The following editorial appeared in the Chicago Tribune on Tuesday, May 26:

After an interview in which President Barack Obama confronted the economy, the Middle East and a lot of other Vital Issues, a Newsweek correspondent actually elicited an important new piece of information about the president.

He’s Spock. As in “Star Trek’s” famous Vulcan with the pointy ears and the computer-like brain.

Obama said so himself. Asked about the new movie, he offered that people called him “Spock.” And that he was a huge fan of the series, from age 10. “You know, ‘Star Trek’ was ahead of its time,” he said. “There was a whole — the special effects weren’t real good, but the story lines were always evocative, you know, there was a little commentary and a little pop philosophy for a 10-year-old to absorb.”

As longtime fans of the series, we are proud to have a Trekker as president. But, Mr. President, you do realize that professing allegiance to “Star Trek” is a political risk, right? “Star Trek” fans — Trekkies to the scornful, Trekkers to the faithful, nerds to everyone else — occupy a certain alternate universe that can seem strange and alien to the average human life form. You are already different, as presidents go.
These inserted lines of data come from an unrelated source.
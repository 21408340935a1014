//! What becomes the error of a field while memory is wanting.

use crate::inputs::Scalar;
use crate::turns::{Ended, Room, Task, Turn, tried};
use juniper_language::{Object, ScalarValue, Value};
use juniper_values::{FieldError, FromInputValueVecError, IntoFieldError};
use std::alloc::{AllocError, Global};
use std::borrow::CowStr;
use std::test::Fail;

/// What becomes an error.
#[derive(Clone, Copy)]
enum Failure {
    /// A text.
    Text,
    /// A text that may be borrowed.
    Borrowed,
    /// An error with extensions.
    Error,
    /// Such an error of an item of a list in a list.
    Item,
}

/// A failure, and the error that it becomes.
#[derive(Drop)]
struct Failing {
    failure: Failure,
    expected: FieldError<Scalar>,
}

/// A text that takes more than ten times what a turn adds.
const LONG: &str =
    "A message that takes more than a hundred and sixty bytes, so that at least ten turns are refused: \
    in each of them there are sixteen bytes more than in the one before it, and that is not enough.";

/// How a turn ended in which this becomes an error.
fn become_error<E: IntoFieldError<Scalar>>(
    alloc: Global,
    room: Room,
    failure: E,
    expected: &FieldError<Scalar>,
) -> Turn {
    let held_back = room.hold_back(alloc);
    let outcome = failure.into_field_error(alloc);
    drop(held_back);
    match outcome {
        Ok(error) if error == *expected => Turn::Answered,
        Ok(_) => Turn::Wrong,
        Err(_) => Turn::Refused,
    }
}

/// An error of this text alone.
fn message(alloc: Global) -> Result<FieldError<Scalar>, AllocError> {
    FieldError::new(alloc, LONG, Value::Null)
}

/// An error with extensions.
fn extended(alloc: Global) -> Result<FieldError<Scalar>, AllocError> {
    let mut extensions = Object::with_capacity(alloc, 0)?;
    let code = Value::Scalar(Scalar::from_text(String::from_str(alloc, LONG)?)?);
    drop(extensions.add_field(String::from_str(alloc, "code")?, code)?);
    FieldError::new(alloc, "no", Value::Object(extensions))
}

/// Why a list has no conversion.
type Texts = FromInputValueVecError<String, Scalar>;

/// Why a list of lists has none.
type Lists = FromInputValueVecError<Vec<String>, Scalar>;

impl Task for Failing {
    fn turn(&mut self, alloc: Global, room: Room) -> Turn {
        let expected = &self.expected;
        match self.failure {
            Failure::Text => become_error(alloc, room, LONG, expected),
            Failure::Borrowed => become_error(alloc, room, CowStr::Borrowed(LONG), expected),
            Failure::Error => match extended(alloc) {
                Ok(error) => become_error(alloc, room, error, expected),
                Err(_) => Turn::Wrong,
            },
            Failure::Item => match extended(alloc) {
                Ok(error) => become_error(alloc, room, Lists::Item(Texts::Item(error)), expected),
                Err(_) => Turn::Wrong,
            },
        }
    }
}

/// How the turns ended in which this becomes that error.
fn became(
    alloc: Global,
    failure: Failure,
    expected: FieldError<Scalar>,
) -> Result<Ended, AllocError> {
    tried(alloc, &mut Failing { failure, expected })
}

#[test]
fn texts_become_errors(rt: HostRuntime) -> Result<(), Fail> {
    let expected = message(rt.alloc())?;
    assert_eq!(rt;
        became(rt.alloc(), Failure::Text, expected)?,
        Ended::Answered
    );
    Ok(())
}

#[test]
fn texts_that_may_be_borrowed_become_errors(rt: HostRuntime) -> Result<(), Fail> {
    let expected = message(rt.alloc())?;
    assert_eq!(rt;
        became(rt.alloc(), Failure::Borrowed, expected)?,
        Ended::Answered
    );
    Ok(())
}

#[test]
fn errors_with_extensions_become_errors(rt: HostRuntime) -> Result<(), Fail> {
    let expected = extended(rt.alloc())?;
    assert_eq!(rt;
        became(rt.alloc(), Failure::Error, expected)?,
        Ended::Answered
    );
    Ok(())
}

#[test]
fn errors_of_items_become_errors(rt: HostRuntime) -> Result<(), Fail> {
    let expected = extended(rt.alloc())?;
    assert_eq!(rt;
        became(rt.alloc(), Failure::Item, expected)?,
        Ended::Answered
    );
    Ok(())
}
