//! Laws of explanations. Each function does nothing; its contract is the law.

ghost use Rattle.std.specs.Prelude.{◌≡◌, Bool, List, []};
ghost use Rattle.std.specs.List.{flat_map};
ghost use Rattle.graphql_spec.specs.Documents.{Document, VariableDefinition};
ghost use Rattle.graphql_spec.specs.Inputs.{Variables};
ghost use Rattle.graphql_spec.specs.Requests.{variable_errors};
ghost use Rattle.graphql_spec.specs.Rules.{rule_errors};
ghost use Rattle.graphql_spec.specs.Schema.{Schema};
ghost use Rattle.juniper_explain.specs.Explanations.{errors_at};
ghost use Rattle.juniper_explain.specs.GivenValues.{error_for, variable_explanations, variable_reasons};
ghost use Rattle.juniper_explain.specs.Nodes.{explanations, judgements};

/// The list of errors and their explanations are made of the same findings: where a rule finds something at a definition, its
/// error is listed, and what it finds is explained; where it finds nothing, neither.
pub fn errors_are_explained()
    ensures { (s : Schema) (disabled : Bool) (d : Document) → rule_errors s disabled d ≡ flat_map errors_at (judgements s disabled d) }
{}

/// Nothing is explained exactly where no error is listed: of a valid document, and of no other.
pub fn valid_documents_are_not_explained()
    ensures { (s : Schema) (disabled : Bool) (d : Document) →
        (rule_errors s disabled d ≡ [] → explanations s disabled d ≡ []) × (explanations s disabled d ≡ [] → rule_errors s disabled d ≡ []) }
{}

/// The list of errors of given values and their explanations are made of the same reasons: where there is a reason why a
/// variable has no fitting value, its error is listed, and each reason is explained where the variable is defined; where there
/// is none, neither (6.1.2).
pub fn unfit_values_are_explained()
    ensures { (s : Schema) (vs : List VariableDefinition) (given : Variables) →
        variable_errors s vs given ≡ flat_map (λ v. error_for v (variable_reasons s v (given v.name.item))) vs }
{}

/// No value is explained exactly where no error is listed: where each variable has a fitting value.
pub fn fitting_values_are_not_explained()
    ensures { (s : Schema) (vs : List VariableDefinition) (given : Variables) →
        (variable_errors s vs given ≡ [] → variable_explanations s vs given ≡ []) × (variable_explanations s vs given ≡ [] → variable_errors s vs given ≡ []) }
{}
Did you consult David Axelrod or Rahm Emanuel before comparing yourself to Spock? We think not. If you had, they might have winced and suggested alternatives. How about Capt. Kirk, the swashbuckler and womanizer? OK, that’s not so good. But there’s Jean-Luc Picard, The Next Generation’s cerebral captain. OK, he’s got that French surname even though Patrick Stewart played him with a British accent.


Maybe Spock is the perfect choice. Spock was always preternaturally cool, holding his emotions in check. Obama — same. (Sure, he’s got the un-Spocklike trademark grin, but he’s also known for being unflappable under pressure.)

Analytic? Check.
A devotee of science? Check.
A man of two worlds? (In Spock’s case, human and Vulcan. In Obama’s, black and white.) Check.

OK, Mr. President. Now we know about your inner Spock. There’s only one more challenge. The next time you finish one of those prime time press conferences? Could you please turn toward the camera, raise the Spock hand-salute (which you demonstrated ably to the Newsweek reporter!) and intone the immortal words:

“Live long and prosper.” If you can do that, well, you know that 2012 endorsement? We can make it so.